Data for analysis START

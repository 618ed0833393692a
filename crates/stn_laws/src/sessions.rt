ghost use Rattle.std.specs.{Prelude.{◌≡◌, ◌<◌, ◌^◌, ℕ, List, Option, Some, Result}, List.AllByRecursion};
ghost use Rattle.stn_lift.specs.PlanSource.{PlanSource};
ghost use Rattle.stn_records.specs.Content.{Content};
ghost use Rattle.stn_session.specs.{Session.Session, Serving.IsSession, Exchange.IsReceived, declared.{session.End.End, exchange.ReplyFault.ReplyFault}};
ghost use Rattle.stn_laws.specs.Reception.{SaysReplies};

/// The law that bytes have one session: however they are cut into frames and a rest, it ends in one way, and its
/// replies, state and count are the same.
pub fn one_session()
    ensures { (first : Session) → (bytes : List ℕ) → (one other : End) → (last final : Session)
        → IsSession first bytes one last → IsSession first bytes other final → (one ≡ other) × (last ≡ final) }
{}

/// The law that no bytes are without a session: it cannot be that they end it in no way.
pub fn some_session()
    ensures { (first : Session) → (bytes : List ℕ) → AllByRecursion (λ byte. byte < 2 ^ 8) bytes
        → ¬ ((end : End) → (last : Session) → ¬ IsSession first bytes end last) }
{}

/// The law that a reader's bytes have one reception: however many of them were read, and however they are cut into
/// frames and a rest, the answer and the state are the same, unless a read fails or memory runs out.
pub fn one_reception()
    ensures { (source : PlanSource) → (first : Content) → (input : List ℕ) → (after last : Option (List ℕ))
        → (one other : Result (List ℕ) ReplyFault) → (state final : Content)
        → IsReceived source first (Some input) after state one → IsReceived source first (Some input) last final other
        → SaysReplies one → SaysReplies other → (one ≡ other) × (state ≡ final) }
{}

/// The law that no reader's bytes are without a reception: it cannot be that they are received in no way that they alone decide, where no
/// read fails and memory lasts.
pub fn some_reception()
    ensures { (source : PlanSource) → (first : Content) → (input : List ℕ) → AllByRecursion (λ byte. byte < 2 ^ 8) input
        → ¬ ((after : Option (List ℕ)) → (answer : Result (List ℕ) ReplyFault) → (state : Content)
        → SaysReplies answer → ¬ IsReceived source first (Some input) after state answer) }
{}
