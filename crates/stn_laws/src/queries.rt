ghost use Rattle.std.specs.Prelude.{◌≡◌, ◌⊎◌, ℕ, ℤ, None, Some, List, Option};
ghost use Rattle.stn_refusal.specs.declared.{refusal.Refusal.Refusal, failure.Failure.{Failure, TheVariants.Refused}};
ghost use Rattle.stn_site.specs.{Held.Held, Report.done_events, SoundSite.IsSoundSite, Calls.{Accepted, CameBy, TookSame}};
ghost use Rattle.stn_lift.specs.{Plan.Steps.PlannedStep, PlanSource.PlanSource};
ghost use Rattle.stn_records.specs.Content.{Content};
ghost use Rattle.stn_questions.specs.declared.words.Outlook.{Outlook};
ghost use Rattle.stn_command.specs.{Dispatch.{Choice, every_event, done_or_not_chosen}, Named.IsNamed, Query.{Query, foresee, IsSaid, IsQueryRefusal}};

use crate::questions::one_answer;
use crate::repairs::one_repairs_text;
use stn_picture::one_picture;
use stn_records::counts_same;
use stn_site::one_report;

/// The law that what a site holds has one answer to each query, also by the names of another plan's steps, and one
/// cause that refuses a query or none.
pub fn one_said()
    ensures text { (query : Query) (held : Held) (text other : List ℕ) → IsSaid query held text → IsSaid query held other → text ≡ other }
    ensures named { (query : Query) (steps : List PlannedStep) (held : Held) (text other : List ℕ)
        → IsNamed query steps held text → IsNamed query steps held other → text ≡ other }
    ensures refusal { (query : Query) (held : Held) (cause other : Option Failure)
        → IsQueryRefusal query held cause → IsQueryRefusal query held other → cause ≡ other }
{
    one_report();
    one_answer();
    one_repairs_text();
    one_picture();
}

/// The law that each site has an answer to each query that nothing refuses (`text`), also by the names of any steps (`named`), and that
/// nothing refuses a query or a cause does that is printed (`refusal`).
pub fn every_query_has_an_answer()
    ensures text { (query : Query) (held : Held) → IsSoundSite held → IsQueryRefusal query held None → (text : List ℕ) × IsSaid query held text }
    ensures refusal { (query : Query) (held : Held) → IsSoundSite held
        → IsQueryRefusal query held None ⊎ ((cause : Refusal) × IsQueryRefusal query held (Some (Refused cause))) }
    ensures named { (query : Query) (steps : List PlannedStep) (held : Held) → IsSoundSite held → IsQueryRefusal query held None
        → (text : List ℕ) × IsNamed query steps held text }
{}

/// The law that where every event is chosen, one counts as left exactly if it is not done.
pub fn chosen_all()
    ensures { (source : PlanSource) (state : Content)
        → done_or_not_chosen every_event source state ≡ done_events source state }
{}

/// The law that replicas of one plan that took the same additions and withdrawals say the same of the events that are left,
/// whichever are chosen: what comes next from a time on, which may run, and how the rest runs.
pub fn same_foreseen()
    ensures { (ours theirs : List Accepted) → (one other : Held) → CameBy ours one → CameBy theirs other → TookSame ours theirs
        → one.source ≡ other.source → (outlook : Outlook) → (now : ℤ) → (choice : Choice) → (text last : List ℕ)
        → IsSaid (foresee outlook now choice) one text → IsSaid (foresee outlook now choice) other last → text ≡ last }
{
    counts_same();
}
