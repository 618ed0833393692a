ghost use Rattle.std.specs.Prelude.{◌≡◌, ◌⊎◌, ◌↔◌, ℕ, ℤ, ◌+◌, List, Some, Result, Ok, Err, IfSome};
ghost use Rattle.std.specs.FinMap as map;
ghost use Rattle.stn_text.specs.Lines.{lines_of};
ghost use Rattle.stn_device.specs.Bytes.{most_bytes, ConsumesAtMost};
ghost use Rattle.stn_net.specs.Difference.{Difference};
ghost use Rattle.stn_refusal.specs.declared.failure.Failure.{Failure};
ghost use Rattle.stn_records.specs.{Content.{Content, Item, HasItem}, Id.{SiteCounter, IsId}, declared.record.Record.Record};
ghost use Rattle.stn_site.specs.{Lines.line, declared.names.BoundName.BoundName, Report.IsReport};
ghost use Rattle.stn_questions.specs.{declared.asked.Question.Question, Answer.{AsksOfPlan, IsAnswer}, Bounds.named_line, Ready.IsReadyText, Records.record_line};
ghost use Rattle.stn_world.specs.{World.{opening_world, content_at}, Steps.{run, TookAt, TookSameAt, TookSameItemsAt}};
ghost use Rattle.stn_exec.specs.{Output.{IsOutput, CountsRefusals, WritesOutputPart}, Runs.{Streams, ReadsScript, PrintsReplies, RunsScript}, Script.{Start, heading_of, last_line, script_outcome}, declared.script.Ran.Ran};
ghost use Rattle.stn_laws.specs.{ReadBack.{IsName, IsReadable, ReadsBack}, Reports.{steps_of_lines, LineOf, first_world, steps_before, world_at, ReportsSite, AsksSite, AsksReady, PrintsAt, PrintSame}};

use crate::queries::{chosen_all, every_query_has_an_answer, one_said};
use crate::questions::{one_answer, one_ready_text};
use crate::worlds::{sites_are_unions, sites_took_same_same_bytes};
use stn_records::counts_same;

/// The law that a script has one output, and one number of refusals.
pub fn one_script()
    ensures output { (script text other : List ℕ)
        → IsOutput (script_outcome script).replies text → IsOutput (script_outcome script).replies other → text ≡ other }
    ensures count { (script : List ℕ) (count other : ℕ)
        → CountsRefusals (script_outcome script).replies count → CountsRefusals (script_outcome script).replies other → count ≡ other }
{
    one_said();
}

/// The law of what a run leaves. One that comes to its end read a whole script, and wrote just its output. One that a fault ends could
/// not read, and wrote nothing; or it read a script, and wrote a front part of its output. It read at most one byte more than a script
/// may have.
pub fn runs_write_output()
    ensures done { (old new : Streams) (ran : Ran) → RunsScript old new (Ok ran) → (script : List ℕ)
        × ReadsScript old.unread new.unread (Ok script) × PrintsReplies (script_outcome script) old.out new.out (Ok ran) }
    ensures ends { (old new : Streams) (failure : Failure) → RunsScript old new (Err failure)
        → (ReadsScript old.unread new.unread (Err failure) × (new.out ≡ old.out))
        ⊎ ((script : List ℕ) × ReadsScript old.unread new.unread (Ok script) × PrintsReplies (script_outcome script) old.out new.out (Err failure)) }
    ensures part { (old new : Streams) (failure : Failure) → RunsScript old new (Err failure)
        → IfSome old.unread.bytes (λ script. WritesOutputPart old.out.bytes new.out.bytes (script_outcome script).replies)
        × ((script : List ℕ) × WritesOutputPart old.out.bytes new.out.bytes (script_outcome script).replies) }
    ensures used { (old new : Streams) (ended : Result Ran Failure) → RunsScript old new ended
        → ConsumesAtMost old.unread.bytes new.unread.bytes (most_bytes + 1) }
{}

/// The law that each script has an output, and a number of refusals, whatever its text is.
pub fn every_script_has_an_output()
    ensures output { (script : List ℕ) → (text : List ℕ) × IsOutput (script_outcome script).replies text }
    ensures count { (script : List ℕ) → (count : ℕ) × CountsRefusals (script_outcome script).replies count }
{
    every_query_has_an_answer();
}

/// The law that the commands of a script are a run of the world's steps, and what its reports say. The
/// script's world is the end of the run of its steps, and at each line the end of the run of the steps
/// before it. The output of the script falls into what the lines before a line print, what the line
/// prints, and what the lines after it print. What a site's command `report` prints is the report of
/// what the site holds, which is the union of what it took. So two sites of one plan, of one script or
/// of two, that took the same additions and withdrawals, in any order, more than once or merged in any
/// grouping, print the same bytes. An amendment is one addition and one withdrawal.
pub fn scripts_are_runs()
    ensures end { (script : List ℕ) (start : Start) → heading_of (last_line script) (lines_of script) ≡ Ok start
        → (script_outcome script).world ≡ run (opening_world start.source start.sites) (steps_of_lines (opening_world start.source start.sites) start.lines) }
    ensures world { (script : List ℕ) (at : LineOf script) → world_at at ≡ run (first_world at) (steps_before at) }
    ensures output { (script output : List ℕ) (at : LineOf script) → IsOutput (script_outcome script).replies output → (text : List ℕ) × PrintsAt at output text }
    ensures report { (script output text : List ℕ) (at : LineOf script) (site : ℕ) → ReportsSite at site → PrintsAt at output text
        → IsReport at.start.source (content_at (world_at at) site) text }
    ensures union { (script : List ℕ) (at : LineOf script) (site : ℕ) → ReportsSite at site
        → (item : Item) → HasItem (content_at (world_at at) site) item ↔ TookAt (first_world at) (steps_before at) site item }
    ensures bytes { (script other output last text last_text : List ℕ) (at : LineOf script) (there : LineOf other) (site others : ℕ)
        → ReportsSite at site → ReportsSite there others → at.start.source ≡ there.start.source
        → TookSameAt (first_world at) (steps_before at) site (first_world there) (steps_before there) others
        → PrintsAt at output text → PrintsAt there last last_text → text ≡ last_text }
{
    sites_are_unions();
    sites_took_same_same_bytes();
}

/// The law of what a script's questions print. What the line of a site's question prints is the answer
/// of the plan and of what the site holds. So two sites of one plan, of one script or of two, that took
/// the same items print the same answer to each question; and where they took the same additions and
/// withdrawals, to each question but that for the records.
pub fn questions_are_answered()
    ensures answer { (script output text : List ℕ) (at : LineOf script) (site : ℕ) (question : Question) → AsksSite at site question → PrintsAt at output text
        → IsAnswer at.start.source (content_at (world_at at) site) question text }
    ensures items { (question : Question) → PrintSame (λ _ at site. AsksSite at site question) TookSameItemsAt }
    ensures plan { (question : Question) → AsksOfPlan question → PrintSame (λ _ at site. AsksSite at site question) TookSameAt }
{
    sites_took_same_same_bytes();
    one_answer();
    counts_same();
}

/// The law of what a script's commands `ready` print. What the line of a site's command prints says
/// which events may run from its time on, by the plan and by what the site holds. So two sites of one
/// plan, of one script or of two, that took the same additions and withdrawals print the same.
pub fn ready_is_answered()
    ensures text { (script output text : List ℕ) (at : LineOf script) (site : ℕ) (now : ℤ) → AsksReady at site now → PrintsAt at output text
        → IsReadyText at.start.source (content_at (world_at at) site) now text }
    ensures bytes { (now : ℤ) → PrintSame (λ _ at site. AsksReady at site now) TookSameAt }
{
    sites_took_same_same_bytes();
    chosen_all();
    one_ready_text();
    counts_same();
}

/// The law that the lines of `bounds` and `records` are read as they say: an addition of the second to the fifth word of one, as
/// its events and sides, adds its bound.
pub fn listed_bounds_read_back()
    ensures bounds { (name : BoundName) (bound : Difference) → IsName name → IsReadable bound
        → (text : List ℕ) × (named_line name bound ≡ line text) × ReadsBack text bound }
    ensures records { (state : Content) (id : SiteCounter) (one : Record) → map.get state.additions id ≡ Some one → IsId id → IsReadable one.bound
        → (text : List ℕ) × (record_line state id ≡ line text) × ReadsBack text one.bound }
{}
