ghost use Rattle.std.specs.{Prelude.{◌≡◌, ◌<◌, ◌^◌, ◌⊎◌, ℕ, List, ◌++◌, []}, List.AllByRecursion};
ghost use Rattle.stn_wire.specs.{Frame.{FrameContent, spelling, IsFrame}, Feeder.{FeederState, holding}, Feeding.{Call, Feeds, stream_of, frames_of}, declared.fault.WireFault.WireFault, Front.{Front, faulty, unfinished, IsFront, BeginsFrame}};

use std::alloc::Allocator;

/// Some bytes begin with one whole frame, or show one fault, or are unfinished: never two of these.
pub fn one_front()
    ensures { (bytes : List ℕ) (a b : Front) → IsFront bytes a → IsFront bytes b → a ≡ b }
{}

/// Some bytes that begin with no whole frame show a fault, or are unfinished.
pub fn some_front()
    ensures { (bytes : List ℕ) → AllByRecursion (λ byte. byte < 2 ^ 8) bytes → ¬ BeginsFrame bytes
        → IsFront bytes unfinished ⊎ ((fault : WireFault) × IsFront bytes (faulty fault)) }
{}

/// Frames with the same bytes are one, and no spelling is the front of another's.
pub fn one_spelling()
    ensures { (f g : FrameContent) (x y : List ℕ) → IsFrame f → IsFrame g → spelling f ++ x ≡ spelling g ++ y → (f ≡ g) × (x ≡ y) }
{}

/// Two feeders with the same bytes, however these were cut into pieces, gave the same frames, and hold the same bytes or
/// are broken by the same fault.
pub fn one_feeding<A: Allocator, B: Allocator>()
    ensures { (one : List (Call A)) (other : List (Call B)) (last final : FeederState) → Feeds (holding []) one last → Feeds (holding []) other final
        → stream_of one ≡ stream_of other → (frames_of one ≡ frames_of other) × (last ≡ final) }
{}
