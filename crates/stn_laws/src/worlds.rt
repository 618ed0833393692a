ghost use Rattle.std.specs.{Prelude.{◌≡◌, ℕ, ◌≤◌, ◌↔◌, List, ◌∷◌, map, All, None, true, false}, List.Contains};
ghost use Rattle.stn_lift.specs.PlanSource.{PlanSource, events_of, IsSoundSource};
ghost use Rattle.stn_records.specs.{Id.SiteCounter, declared.record.Record.Record, Content.{most_known, Content, Item, addition, HasItem, is_known, is_live, dispute_contents, IsPart, CountsSame}};
ghost use Rattle.stn_site.specs.{Calls.Replaces, Held.Held, Report.IsReport, declared.own.OwnedSteps.OwnedSteps};
ghost use Rattle.stn_guard.specs.Adding.{owner_by, AddsGuard};
ghost use Rattle.stn_world.specs.{World.{World, HasSite, HasPacket, IsRecordOf, opening_world, held_at, content_at, packet_at}, Steps.{Step, merged, delivered, IsAccepted, run, Brings, TookAt, TookSameAt, TookSameItemsAt}};
ghost use Rattle.stn_laws.specs.{Guarded.{adds_bound, AllAccepted, HoldsAlone, HoldsGuarded, KeepsToOwn, HaveOwnSchedules, HaveSchedules}, Runs.{Making, WasMade, records_made, states_of, HasEntries, InEachRun}};

use stn_site::{one_report, same_counts_same_bytes};

/// The law that what a site of a world holds is the union of what it took: after any run it has an
/// addition, a withdrawal or an entry of an amendment exactly where one of the steps that were accepted
/// brought it there.
pub fn sites_are_unions()
    ensures { (source : PlanSource) (sites : ℕ) (steps : List Step) (site : ℕ) → HasSite (opening_world source sites) site
        → (item : Item) → HasItem (content_at (run (opening_world source sites) steps) site) item ↔ TookAt (opening_world source sites) steps site item }
{}

/// The law that the states of a world, those of its sites and of its packets, agree, after any run:
/// any two on every id, so that each id has one record everywhere; and each id of a site that is known
/// anywhere is known at that site, so that its next id is new everywhere.
pub fn states_agree()
    ensures agreed { InEachRun (λ now items. (one other : Content) → Contains (states_of now) one → Contains (states_of now) other → dispute_contents one other ≡ None) }
    ensures own { InEachRun (λ now items. (one : Content) (id : SiteCounter) → Contains (states_of now) one → is_known one id ≡ true
        → is_known (content_at now id.site) id ≡ true) }
{}

/// The law that in each run in which at most 4,096 records are made no delivery and no merge is refused
/// for a cause other than memory and a site or packet that is not there.
pub fn none_refused()
    ensures delivery { InEachRun (λ now items. records_made items ≤ most_known
        → (site number : ℕ) → HasSite now site → HasPacket now number → IsAccepted now (delivered site number)) }
    ensures merge { InEachRun (λ now items. records_made items ≤ most_known
        → (site other : ℕ) → HasSite now site → HasSite now other → IsAccepted now (merged site other)) }
{}

/// The law that in each run each site holds every item that it made, and no site and no packet holds
/// an item that nobody made.
pub fn only_made_items()
    ensures held { InEachRun (λ now items. (one : Making) → Contains items one → HasItem (content_at now one.site) one.item) }
    ensures at_sites { InEachRun (λ now items. (site : ℕ) (item : Item) → HasItem (content_at now site) item → WasMade items item) }
    ensures in_packets { InEachRun (λ now items. (number : ℕ) (item : Item) → HasItem (packet_at now number) item → WasMade items item) }
{}

/// The law that in each run each record of a site or of a packet is of a bound of the plan, and one that says that an event was executed
/// fixes its time.
pub fn records_are_bounds()
    ensures { InEachRun (λ now items. (state : Content) → Contains (states_of now) state → (id : SiteCounter) → (one : Record) → HasItem state (addition id one)
        → IsRecordOf (events_of now.source) one) }
{}

/// The law that an amendment is whole: in each run a site or a packet that has the record of an amendment
/// has the entry by which it replaces another id, too.
pub fn amendments_are_whole()
    ensures { InEachRun (λ now items. (state : Content) → Contains (states_of now) state → HasEntries now state) }
{}

/// The law that in each run what a site took from a packet or from another site it holds ever after,
/// whole: after the delivery or merge that was accepted, and after any further steps.
pub fn held_ever_after()
    ensures delivered { InEachRun (λ now items. (site number : ℕ) → IsAccepted now (delivered site number)
        → (rest : List Step) → IsPart (packet_at now number) (content_at (run now (delivered site number ∷ rest)) site)) }
    ensures merged { InEachRun (λ now items. (site other : ℕ) → IsAccepted now (merged site other)
        → (rest : List Step) → IsPart (content_at now other) (content_at (run now (merged site other ∷ rest)) site)) }
{}

/// The law that two sites of a world that hold the same items print the same bytes.
pub fn same_items_print_same()
    ensures { (world : World) (site other : ℕ) → ((item : Item) → HasItem (content_at world site) item ↔ HasItem (content_at world other) item)
        → (text last : List ℕ) → IsReport world.source (content_at world site) text → IsReport world.source (content_at world other) last → text ≡ last }
{
    one_report();
}

/// The law that in each run a bound that was withdrawn or replaced at a site, or came there as withdrawn
/// or replaced by a packet or a merge, is never live there afterwards, even where its record comes
/// later.
pub fn withdrawn_for_good()
    ensures { InEachRun (λ now items. (step : Step) (site : ℕ) (id : SiteCounter) → IsAccepted now step → Replaces (Brings now step site) id
        → (rest : List Step) → is_live (content_at (run now (step ∷ rest)) site) id ≡ false) }
{}

/// The law of acting out of contact. Take a world in any run in which each site holds a guarded state, and beside it nothing is
/// held but records of bounds that are the own of the sites that made them. While from then on each site only adds bounds and
/// executions of its own, and its own bounds keep a schedule, all that any site holds has one, whatever is merged or
/// delivered.
pub fn guarded_sites_keep_schedules()
    ensures { InEachRun (λ start items. (owner : ℕ → ℕ) (state : Content) → HoldsGuarded owner state start
        → (steps : List Step) → All (KeepsToOwn owner) steps → HaveOwnSchedules owner (run start steps) → HaveSchedules (run start steps)) }
{}

/// The law that a site of a world that adds each bound of its guard, and is refused none, holds what it holds where it adds the
/// guard at once.
pub fn guards_are_steps()
    ensures { (world : World) (site : ℕ) → HasSite world site → (owned : List OwnedSteps) (ids : List SiteCounter) (new : Held)
        → (adds : AddsGuard owned (held_at world site) ids new) → AllAccepted world (map (adds_bound site) adds.guard)
        → content_at (run world (map (adds_bound site) adds.guard)) site ≡ new.state }
{}

/// The law that a guard leads to a guarded world: take what a site of a world holds, in any run, once it added its guard. A world
/// of the same plan whose sites all hold this, and nothing else, holds a guarded state.
pub fn guards_guard_worlds()
    ensures { InEachRun (λ now items. IsSoundSource now.source → (site : ℕ) (owned : List OwnedSteps) (ids : List SiteCounter) (new : Held)
        → AddsGuard owned (held_at now site) ids new → (world : World) → world.source ≡ now.source → HoldsAlone new.state world
        → HoldsGuarded (owner_by site owned) new.state world) }
{}

/// The law that two sites of one plan, in one world or in two, that took the same additions and
/// withdrawals, in any order, more than once or merged in any grouping, have the same records and the
/// same replaced ids and report the same bytes. An amendment is the addition of its record and the
/// withdrawal of the id that it replaces, so it prints as these two would. Sites that took the same
/// items hold the same.
pub fn sites_took_same_same_bytes()
    ensures bytes { (source : PlanSource) (sites others : ℕ) (ours theirs : List Step)
        → (site other : ℕ) → HasSite (opening_world source sites) site → HasSite (opening_world source others) other
        → TookSameAt (opening_world source sites) ours site (opening_world source others) theirs other
        → let one = content_at (run (opening_world source sites) ours) site in
        let two = content_at (run (opening_world source others) theirs) other in
        CountsSame one two × ((text last : List ℕ) → IsReport source one text → IsReport source two last → text ≡ last) }
    ensures states { (source : PlanSource) (sites others : ℕ) (ours theirs : List Step)
        → (site other : ℕ) → HasSite (opening_world source sites) site → HasSite (opening_world source others) other
        → TookSameItemsAt (opening_world source sites) ours site (opening_world source others) theirs other
        → content_at (run (opening_world source sites) ours) site ≡ content_at (run (opening_world source others) theirs) other }
{
    sites_are_unions();
    same_counts_same_bytes();
}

Data for analysis END

=== How to complete this task ===
Filter the records for the word "IsReport" and show every line that has it.

=== Finished task ===
ghost use Rattle.stn_site.specs.{Lines.line, declared.names.BoundName.BoundName, Report.IsReport};
        → IsReport at.start.source (content_at (world_at at) site) text }
ghost use Rattle.stn_site.specs.{Calls.Replaces, Held.Held, Report.IsReport, declared.own.OwnedSteps.OwnedSteps};
        → (text last : List ℕ) → IsReport world.source (content_at world site) text → IsReport world.source (content_at world other) last → text ≡ last }
        CountsSame one two × ((text last : List ℕ) → IsReport source one text → IsReport source two last → text ≡ last) }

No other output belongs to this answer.